Headache

10 décembre 2009

Après une nuit sans dodo sur de la philo, je confirme. Est ce que la caféine peut s’injecter en intraveineuse ?

Into the white

9 décembre 2009

Aujourd’hui, il neige. Genre quelquechose comme 40cm de fraiche tombés en 12 heures, c’est correct. Et Montréal dans le blanc, ça a de la gueule ! Alors, fier, j’ai étrenné mes bottes d’hiver, je fais un peu cosmonaute avec mais je peux courir ou presque dans 30cm de neige en restant au sec, et même par -20 s’il vous plait.

Puis tu mets les couches multiples, les gants, la polaire, la veste, l’écharpe, la cagoule, la capuche, le bonnet, les surgants tu renlèves les gants parce que tu peux plus faire tes lacets, ça y est tu crèves de chaud vite tu sors, tes colocs se foutent de ta gueule parce qu’on dirait que tu pars à la chasse à l’ours et ça y est, c’est parti.

Là, à ce moment, tu réalises

1) que le bus est passé parce que ça fait 20 minutes que tu t’habilles.

2) que t’es bono pour marcher dans la tempête pendant 20 minutes jusqu’au métro, mais c’est marrant

3) qu’en fait il ne fait que -5, que certains jours de skis sont bien pires et tu te sens con de réagir comme ça en ayant grandi dans les Alpes.

4) Et bordel c’est quoi ce pays avec de la poudreuse à foison où les montagnes sont encore plus ridicules que celles du Massif central.

5) que le choc thermique dans le métro où il fait 20 c’est super violent et que bosser 6h en bibli à la fac (si si) avec tes superbottespousurvivreaufroidpartout + les chaussettes exprès pour c’est un peu un supplice…

Bientôt, des photos, et un bonhomme de neige.

L’ultime graphique

5 décembre 2009

ça y est. C’est parti. Aujourd’hui, il fait -2°C, ce qui n’a rien d’extraordinaire, surtout à Montréal en décembre. Aujourd’hui j’ai consulté la prévision à 14 jours de météo Montréal.

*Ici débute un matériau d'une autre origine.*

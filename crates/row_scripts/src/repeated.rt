//! The lines of a file of a script.

use std::alloc::{AllocError, Global};

/// Which part of an escape the next byte of a repeated text is.
#[derive(Clone, Copy)]
enum Escape {
    /// None: it is itself, or a `\` that begins one.
    None,
    /// The byte behind `\`.
    Open,
    /// The first of two digits.
    Hex,
    /// The second digit, behind this one.
    Digit(u8),
}

/// The value of a hexadecimal digit.
fn digit(byte: u8) -> u8 {
    match byte {
        b'0'..=b'9' => byte - b'0',
        b'a'..=b'f' => byte - b'a' + 10,
        _ => 0,
    }
}

/// Appends a number in digits.
fn append_number(alloc: Global, file: &mut Vec<u8>, number: u64) -> Result<(), AllocError> {
    let text = number.to_string(alloc)?;
    file.extend_from_slice(text.as_bytes())
}

/// Appends what the byte behind `\` means.
fn append_escaped(
    alloc: Global,
    file: &mut Vec<u8>,
    byte: u8,
    number: u32,
) -> Result<(), AllocError> {
    match byte {
        b'n' => file.push(b'\n')?,
        b'#' => append_number(alloc, file, u64::from(number))?,
        b'+' => append_number(alloc, file, u64::from(number) + 1)?,
        _ => file.push(byte)?,
    }
    Ok(())
}

/// Appends what a byte of a repeated text means, and returns which part of an escape the next is.
fn append_byte(
    alloc: Global,
    file: &mut Vec<u8>,
    escape: Escape,
    byte: u8,
    number: u32,
) -> Result<Escape, AllocError> {
    match (escape, byte) {
        (Escape::None, b'\\') => return Ok(Escape::Open),
        (Escape::None, _) => file.push(byte)?,
        (Escape::Open, b'x') => return Ok(Escape::Hex),
        (Escape::Open, _) => append_escaped(alloc, file, byte, number)?,
        (Escape::Hex, _) => return Ok(Escape::Digit(digit(byte))),
        (Escape::Digit(high), _) => file.push(high.wrapping_mul(16) | digit(byte))?,
    }
    Ok(Escape::None)
}

/// The count and the text of a line `*N TEXT`.
fn repeats(line: &str) -> Option<(u32, &str)> {
    let (count, text) = line.strip_prefix('*')?.split_once(' ')?;
    match count.parse::<u32>() {
        Ok(count) => Some((count, text)),
        Err(_) => None,
    }
}

/// Appends a text the time of this number.
fn append_once(
    alloc: Global,
    file: &mut Vec<u8>,
    text: &str,
    number: u32,
) -> Result<(), AllocError> {
    let mut escape = Escape::None;
    for byte in text.bytes() {
        escape = append_byte(alloc, file, escape, byte, number)?;
    }
    Ok(())
}

/// Appends what a line of a script means to a file.
pub fn append_line(alloc: Global, file: &mut Vec<u8>, line: &str) -> Result<(), AllocError> {
    match repeats(line) {
        None => {
            file.extend_from_slice(line.as_bytes())?;
            file.push(b'\n')?;
        }
        Some((count, text)) => {
            let is_plain = text.bytes().all(|byte| byte != b'\\');
            for number in 0..count {
                if is_plain {
                    file.extend_from_slice(text.as_bytes())?;
                } else {
                    append_once(alloc, file, text, number)?;
                }
            }
        }
    }
    Ok(())
}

Le problème, c’est que according to la météo, on est dedans, là. La descente est amorcée, stabilisation entre -7 et -15 prévue dans les 10 prochains jours.

C’est à dire qu’on va pas remonter au dessus de 0°C avant….fin mars 2010.

ça fait un peu peur, hein ?

Accordéon, suite

4 décembre 2009

Ça y est, je l’ai !

C’est bien le vieux Scandalli, assez fidèle à l’annonce, un registre de cassé et un tout petit trou dans le soufflet, quand j’aurais 200 pièces à jeter dedans, je m’en occuperais. Pour l’instant, je suis heureux, on va pouvoir jammer avec PO, mon pote québécois avec l’accent horrrrible qui joue et fabrique d’innombrables deedjeridoos, et Edouard mon coloc’ et sa Banjitare. Soit le croisement savant d’un banjo et d’une guitare, son de banjo, 6 cordes et pas 4, disposées comme sur une gratte. Cool.

Sauf que désillusion, premièrement je sais plus rien faire avec un tel biniou, et ensuite vraiment, un piano mais à la verticale, c’est bizarre. Je me retrouve donc paumé et penaud à tenter la moindre grille d’accord avec le dit Doudou. Comme j’ai pris la sage résolution d’effacer au moins pour un temps les 4 ou 5 rares morceaux de mon ancien répertoire tant ressassés en soirées à en fatiguer plus d’un, les fausses notes en plus, je vais me mettre au boulot et apprendre mes gammes, de jazz s’il vous plait, et savoir enfin jouer de la musique. Enfin, j’espère.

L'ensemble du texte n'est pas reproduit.